This is a simple algo that trades every day refreshing portfolio based on the EMA ranking. Among the universe (e.g. SP500 stocks), it ranks by daily (price - EMA) percentage as of trading time and keep positions in sync with lowest ranked stocks.
The rationale behind this: low (price - EMA) vs price ratio indicates there is a big dip in a short time. Since the universe is SP500 which means there is some fundamental strengths, the belief is that the price should be recovered to some extent.
Setup virtualenv
$ python3 -m virtualenv virtualenv
$ source virtualenv/bin/activate
(virtualenv)$ pipenv install
Set up your API key in environment variables first.
$ export APCA_API_KEY_ID=xxx
$ export APCA_API_SECRET_KEY=yyy
The only dependency is alpaca-trade-api module. You can set up the environment by pipenv. If python 3 and the dependency is ready,
$ python main.py
That's it.
Also, this repository is set up for Heroku. If you have a Heroku account, create a new app and run this as an application. It is only one worker app so make sure you set up worker type app.

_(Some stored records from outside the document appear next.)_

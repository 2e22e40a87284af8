//! The texts of a report's faults.
use pb_script::ReportFault;
use std::alloc::AllocError;
use std::rt::HostRuntime;
use test_fixtures::refused;

#[test]
fn reports_tell_faults_as_text(rt: HostRuntime) -> Result<(), AllocError> {
    let alloc = rt.alloc();
    let memory = refused(alloc).err().expect(&rt, "no block is so large");
    let mut text = String::new(alloc);
    writeln!(text, "{}", ReportFault::Output)?;
    writeln!(text, "{}", ReportFault::NoMemory(memory))?;
    assert!(rt; text.as_str() == "cannot write the output\nno memory\n");
    Ok(())
}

universe.Universe is hard-coded. Easy customization is to change this to more dynamic set of stocks with some filters such as per-share price to be less than $50 or so. Some of the numbers are also hard-coded and it is meant to run in an account with about $500 deposit, with asuumption that one position to be up to $100, resulting in 5 positions at most. If your account size and position size preference are different, you can change these valuess.
EMA-5 is also very arbitrary choice. You could try something like 10, too.
There is btest.py that runs a simple simulation. This module needs more easy visualization and more integrated setup, possibly using jupyter and matplotlib.